Run the following scripts to create a table and populate it with some dummy data
CREATE TABLE employees (
postgres(# id SERIAL PRIMARY KEY,
postgres(# name VARCHAR(100),
postgres(# age INTEGER
postgres(# );
INSERT INTO employees (id, name, age) VALUES (1, 'John Doe', 30);
INSERT INTO employees (id, name, age) VALUES (2, 'Jane Doe', 20);
INSERT INTO employees (id, name, age) VALUES (3, 'Lily', 20);
from langchain_community.utilities import SQLDatabase
db = SQLDatabase.from_uri("postgresql://localhost:5432/postgres")
print(db.dialect)
print(db.get_usable_table_names())
postgresql ['employees']
In th next code cell, we are creating a chain that would first write a SQL query from the given input question and then pass the output to execute_query. We then execute this chain and print the response.
Let's analyse what each on of these steps do -
- write query: we use the built-in chain from LangChain create_sql_query_chain to convert an input to a SQL query
- execute_query: We make use of QuerySQLDataBaseTool class (Tool for querying a SQL database) to execute the generated SQL query.
- create a chain using #1 and #2.
What is a chain?¶
In LangChain, a "chain" refers to a sequence of operations or steps that are linked together to accomplish a specific task using language models. Each step in the chain can involve different types of processing, such as retrieving information, transforming data, or generating responses.
Chains allow for the composition of multiple steps into a coherent process. This can involve sequential steps where the output of one step is passed to the next, or parallel steps that execute simultaneously.
In the below code, we are creating a chain named "chain"
chain = write_query | execute_query
where, "|" is used to create a chain with step #1 and step #2.
from langchain.chains import create_sql_query_chain
from langchain_community.tools.sql_database.tool import QuerySQLDataBaseTool
execute_query = QuerySQLDataBaseTool(db=db)
write_query = create_sql_query_chain(model, db)
chain = write_query | execute_query
response = chain.invoke({"question": "Name the employees who are in their twenties?"})
print(response)
[('Jane Doe',), ('Lily',)]
Another way of implementing RAG over structured data using LangChain is to use agents intead of chains.

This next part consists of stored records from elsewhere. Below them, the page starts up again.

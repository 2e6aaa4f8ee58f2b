//! The steps of a refutation.

use super::Lit;

/// A step of a refutation, as a line of an LRAT proof has it.
#[derive(Debug, PartialEq, Eq, Drop)]
pub enum Step {
    /// Adds a clause. Each hint is the id of a clause, or its negation on a line that is not RUP.
    Add {
        id: u64,
        lits: Vec<Lit>,
        hints: Vec<i64>,
    },
    /// Takes clauses away.
    Delete {
        id: u64,
        ids: Vec<u64>,
    },
}

/// The budget has no conflict left.
#[derive(Clone, Copy, Debug, PartialEq, Eq)]
pub struct Spent;
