//! Lists of literals in blocks.

ghost use Rattle.std.specs.Prelude.{◌≡◌, ◌+◌, ◌<◌, ◌≤◌, ◌++◌, ◌∷◌, [], length, take, OnOk, OnErr};
ghost use Rattle.std.specs.Prelude.{Some, slice_get};
ghost use Rattle.qv_cnf.specs.Blocks.{lists_of, ArePacked};

use super::Lit;
use super::blocks::Block;
use std::alloc::{AllocError, Global};
use std::marker::Model;
use std::mem;

// How many lists a block has.
const BLOCK: usize = 1024;

// No memory holds as many blocks.
const MOST_BLOCKS: usize = 0x4_0000_0000_0000;

/// Lists of literals, one behind the other. What stands is never moved for want of room, but for
/// the lists of the last block, so that a list takes little more than its literals and one word.
#[derive(Debug, Drop)]
pub struct Packed {
    alloc: Global,
    full: Vec<Block>,
    last: Block,
}

impl Model for Packed {
    ghost use Rattle.std.specs.Prelude.{List, ◌++◌};
    ghost use Rattle.qv_cnf.specs.Literal.{Literal};

    ghost Value = { List (List Literal) };

    ghost use Rattle.qv_cnf.specs.Blocks.{lists_of, ArePacked};

    ghost view = { λ a. lists_of a.full.items ++ a.last };

    ghost invariant = { λ a. ArePacked a.full.items a.last };
}

impl Packed {
    /// No list.
    pub fn new(alloc: Global) -> Self
        ensures { result ≡ [] }
    {
        Packed {
            alloc,
            full: Vec::new(alloc),
            last: Block::new(alloc),
        }
    }

    /// Makes room for so many more lists with so many literals in all, as far as they go into the
    /// last block; those behind take a block at a time.
    pub fn reserve(&mut self, lists: usize, lits: usize) -> Result<(), AllocError>
        ensures { self.new ≡ self.old }
    {
        let room = BLOCK - self.last.len();
        if lists <= room {
            return self.last.reserve(lists, lits);
        }
        self.full.reserve(lists / BLOCK + 1)?;
        self.last.reserve(room, (lits / lists).saturating_mul(room))
    }

    /// Adds a list.
    pub fn push(&mut self, lits: &[Lit]) -> Result<(), AllocError>
        ensures ok { OnOk result (self.new ≡ self.old ++ lits.now ∷ []) }
        ensures err { OnErr result (self.new ≡ self.old) }
    {
        if self.last.len() == BLOCK {
            begin_block(self.alloc, &mut self.full, &mut self.last)?;
        }
        self.last.push(lits)
    }

    /// The list at this place.
    pub fn get(&self, at: usize) -> &[Lit]
        requires { at < length self.now }
        ensures { slice_get self.now at ≡ Some result.now }
    {
        let block = at / BLOCK;
        if block < self.full.len() {
            self.full[block].get(at % BLOCK)
        } else {
            self.last.get(at - self.full.len() * BLOCK)
        }
    }

    /// How many lists there are.
    pub fn len(&self) -> usize
        ensures { result ≡ length self.now }
    {
        self.full.len() * BLOCK + self.last.len()
    }

    /// Keeps the first n lists.
    pub fn truncate(&mut self, n: usize)
        ensures { self.new ≡ take n self.old }
    {
        let block = n / BLOCK;
        if block < self.full.len() {
            self.last = cut(&mut self.full, block);
            self.last.truncate(n % BLOCK);
        } else {
            self.last.truncate(n - self.full.len() * BLOCK);
        }
    }
}

// Takes the blocks from this place on away, and gives the first of them.
fn cut(full: &mut Vec<Block>, at: usize) -> Block
    requires { at < length full.old.items }
    ensures front { full.new.items ≡ take at full.old.items }
    ensures first { slice_get full.old.items at ≡ Some result }
{
    full.truncate(at + 1);
    full.pop().unwrap()
}

// Begins a new block behind one that is full.
fn begin_block(alloc: Global, full: &mut Vec<Block>, last: &mut Block) -> Result<(), AllocError>
    requires packed { ArePacked full.old.items last.old }
    requires full { length last.old ≡ 1024 }
    ensures packed { ArePacked full.new.items last.new }
    ensures lists { lists_of full.new.items ++ last.new ≡ lists_of full.old.items ++ last.old }
    ensures room { OnOk result (last.new ≡ []) }
{
    if full.len() >= MOST_BLOCKS {
        return Err(AllocError);
    }
    full.reserve(1)?;
    let next = Block::with_room_of(alloc, last)?;
    let mut block = mem::replace(last, next);
    block.shrink();
    full.push_reserved(block);
    Ok(())
}
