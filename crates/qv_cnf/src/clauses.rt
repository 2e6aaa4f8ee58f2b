//! Clauses under rising ids.

ghost use Rattle.std.specs.Prelude.{◌≡◌, ◌≤◌, ◌+◌, ◌↔◌, [], ◌∷◌, IsTrue, OnOk, OnErr};
ghost use Rattle.std.specs.Option.{option_copied};

use super::Lit;
use super::numbering::Numbering;
use super::packed::Packed;
use std::alloc::{AllocError, Global};
use std::marker::Model;

/// Clauses under ids that rise, as in a list for a checker or a solver. A clause takes its literals
/// and little more than a word, and its id four words more where it isn't the one behind the id
/// before; a clause that was removed keeps its memory until the list is cut or dropped.
#[derive(Debug, Drop)]
pub struct ClauseList {
    ids: Numbering,
    flags: Vec<bool>,
    clauses: Packed,
}

impl Model for ClauseList {
    ghost use Rattle.std.specs.Prelude.{◌≡◌, length};
    ghost use Rattle.qv_cnf.specs.Listing.{Listing};

    ghost Value = { Listing };

    ghost use Rattle.qv_cnf.specs.Live.{live_of};

    ghost view = { λ a. record { live = live_of a.ids a.flags.items a.clauses; given = a.ids } };

    ghost invariant = { λ a. (length a.flags.items ≡ length a.ids)
        × (length a.clauses ≡ length a.ids) };
}

impl ClauseList {
    ghost use Rattle.qv_cnf.specs.Listing.{Listing, clause_named, next_id, with_clause, without};
    ghost use Rattle.qv_cnf.specs.Listing.{cut_at, IsListing, Extends};

    /// No clause, and no id given.
    pub fn new(alloc: Global) -> Self
        ensures { result ≡ record { live = []; given = [] } }
    {
        ClauseList {
            ids: Numbering::new(alloc),
            flags: Vec::new(alloc),
            clauses: Packed::new(alloc),
        }
    }

    /// Whether the id is greater than every id given before. Memory holds fewer than 2^61 ids: so
    /// those that are counted from 1 stay below 2^61, and those of 2^60 conflicts behind them below
    /// 2^62.
    pub fn may_add(&self, id: u64) -> bool
        ensures above { IsTrue result ↔ (next_id self.now.given ≤ id) }
        ensures listing { IsListing self.now }
    {
        self.ids.may_push(id)
    }

    /// Makes room for so many more clauses with so many literals in all.
    pub fn reserve(&mut self, clauses: usize, lits: usize) -> Result<(), AllocError>
        ensures { self.new ≡ self.old }
    {
        self.flags.reserve(clauses)?;
        self.clauses.reserve(clauses, lits)
    }

    /// Adds a clause.
    pub fn add(&mut self, id: u64, lits: &[Lit]) -> Result<(), AllocError>
        requires { next_id self.old.given ≤ id }
        ensures ok { OnOk result (self.new ≡ with_clause self.old id lits.now) }
        ensures next { OnOk result (next_id self.new.given ≡ id + 1) }
        ensures err { OnErr result (self.new ≡ self.old) }
    {
        self.flags.reserve(1)?;
        let count = self.flags.len();
        self.clauses.push(lits)?;
        if let Err(fault) = self.ids.push(id) {
            self.clauses.truncate(count);
            return Err(fault);
        }
        self.flags.push_reserved(true);
        Ok(())
    }

    /// Takes the clause of that id away, if it is live.
    pub fn remove(&mut self, id: u64)
        ensures { self.new ≡ record self.old { live = without (id ∷ []) self.old.live } }
    {
        if let Some(at) = self.ids.find(id) {
            self.flags[at] = false;
        }
    }

    /// Takes every clause away whose id is this one or more. The ids from this one on then count as
    /// never given.
    pub fn cut(&mut self, id: u64)
        ensures cut { self.new ≡ cut_at id self.old }

        // So what was added since is taken back.
        ensures back { (older : Listing) → IsListing older → Extends older self.old id →
            self.new ≡ older }
    {
        let count = self.ids.count_below(id);
        self.ids.truncate(count);
        self.flags.truncate(count);
        self.clauses.truncate(count);
    }

    /// The clause of that id, if it is live.
    pub fn get(&self, id: u64) -> Option<&[Lit]>
        ensures { option_copied result ≡ clause_named id self.now.live }
    {
        let at = self.ids.find(id)?;
        if self.flags[at] {
            Some(self.clauses.get(at))
        } else {
            None
        }
    }
}
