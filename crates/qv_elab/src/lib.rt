//! Terms of expressions in a store: what an expression is, or its first fault.
#![tactic(auto)]

mod bodies;
mod elaborating;
mod entering;
mod parameters;

pub use bodies::{Parameter, elaborate_body};
pub use elaborating::elaborate;
pub use parameters::{are_parameters, read_parameters};
pub use qv_elab_defs::{ElabFault, ElabKind};
pub use qv_elab_items::{Names, are_attributes, behind, keyword_in, name_in, number_in, text_of};
pub use qv_elab_macros::Body;
pub use qv_elab_scope::{Kept, Scope, ScopeFault, scoped_sort};
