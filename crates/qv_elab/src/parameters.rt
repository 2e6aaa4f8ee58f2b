//! Parameter lists.

ghost use Rattle.std.specs.Prelude.{◌≡◌, ℕ, [], Some, List, is_some};
ghost use Rattle.qv_sexpr.specs.Script.{Tree};
ghost use Rattle.qv_sexpr.specs.Items.{Stands, IsExpr, Begins};
ghost use Rattle.qv_words.specs.Tree.{Tree as Term};
ghost use Rattle.qv_elab_defs.specs.Scopes.{Scope as Defs};
ghost use Rattle.qv_elab_scope.specs.Kept.{IsScopeIn};
ghost use Rattle.qv_elab_defs.specs.Shapes.{Pair, listed_pairs};
ghost use Rattle.qv_elab.specs.ReadBodies.{ReadsParameters};
ghost use Rattle.qv_elab.specs.ParameterLists.{IsPairIn, Adds};

use crate::bodies::Parameter;
use qv_elab_defs::{ElabFault, ElabKind};
use qv_elab_items::{Names, are_pairs, behind, name_in};
use qv_elab_scope::{Scope, scoped_sort};
use qv_sexpr::{Expr, ItemKind};
use std::alloc::Global;

/// Whether a list of pairs of a symbol and an expression begins at an item; it may be empty.
pub fn are_parameters(expr: &Expr, at: u64) -> bool
    requires expr { IsExpr expr.now }
    requires at { Begins expr.now at }
    ensures { (e : Tree) (to : ℕ) → Stands expr.now.items.items expr.now.text.items at e to →
        result ≡ is_some (listed_pairs e) }
{
    let ItemKind::Open { close } = expr.items[at as usize].kind else {
        return false;
    };
    let from = at as usize + 1;
    from == close as usize || are_pairs(&expr.text, &expr.items, from, close as usize)
}

// The parameter of the pair that begins at an item is added behind others, which have these names.
fn add_parameter(
    alloc: Global,
    scope: &Scope,
    expr: &Expr,
    at: usize,
    names: &mut Names,
    parameters: &mut Vec<Parameter>,
) -> Result<(), ElabFault>
    requires expr { IsExpr expr.now }
    requires pair { (p : Pair) × IsPairIn expr.now at p }
    ensures { (trees : List Term) (defs : Defs) (p : Pair) → IsScopeIn trees scope.now defs →
        IsPairIn expr.now at p →
        Adds defs p names.old names.new parameters.old.items parameters.new.items result }
{
    let item = &expr.items[at + 1];
    let Some(name) = name_in(&expr.text, item) else {
        return Err(ElabFault::NoMemory);
    };
    if names.find(name).is_some() {
        return Err(ElabFault::At {
            place: item.place,
            kind: ElabKind::RepeatedName,
        });
    }
    let sort = scoped_sort(scope, expr, at as u64 + 2)?;
    let own = Vec::from_slice(alloc, name)?;
    parameters.reserve(1)?;
    names.push(alloc, name)?;
    parameters.push_reserved(Parameter { name: own, sort });
    Ok(())
}

/// The parameters of the list that begins at an item, or its first fault.
pub fn read_parameters(
    alloc: Global,
    scope: &Scope,
    expr: &Expr,
    at: u64,
) -> Result<Vec<Parameter>, ElabFault>
    requires scope { (trees : List Term) × (defs : Defs) × IsScopeIn trees scope.now defs }
    requires expr { IsExpr expr.now }
    requires at { Begins expr.now at }
    requires pairs { (e : Tree) × (to : ℕ) × (pairs : List Pair)
        × Stands expr.now.items.items expr.now.text.items at e to
        × (listed_pairs e ≡ Some pairs) }
    ensures read { (trees : List Term) (defs : Defs) (e : Tree) (to : ℕ) (pairs : List Pair) →
        IsScopeIn trees scope.now defs →
        Stands expr.now.items.items expr.now.text.items at e to →
        listed_pairs e ≡ Some pairs → ReadsParameters defs pairs result }
{
    let ItemKind::Open { close } = expr.items[at as usize].kind else {
        return Err(ElabFault::NoMemory);
    };
    let mut names = Names::new(alloc);
    let mut parameters = Vec::new(alloc);
    let mut next = at as usize + 1;
    'pairs: while next < close as usize {
        add_parameter(alloc, scope, expr, next, &mut names, &mut parameters)?;
        next = behind(&expr.items, next);
    }
    Ok(parameters)
}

Please check the official documentation to go through the advantages of using one over the other.
In conclusion, implementing RAG using LangChain can enhance the efficiency and accuracy of information retrieval processes, providing more relevant and contextually appropriate responses. As we have explored throughout this article, the flexibility and power of LangChain make it a valuable tool for developers and researchers.
Please do remember to consider the threats with respect to giving a chain/agent the permission to query data directly from your databases. Make sure to set the permissions correctly.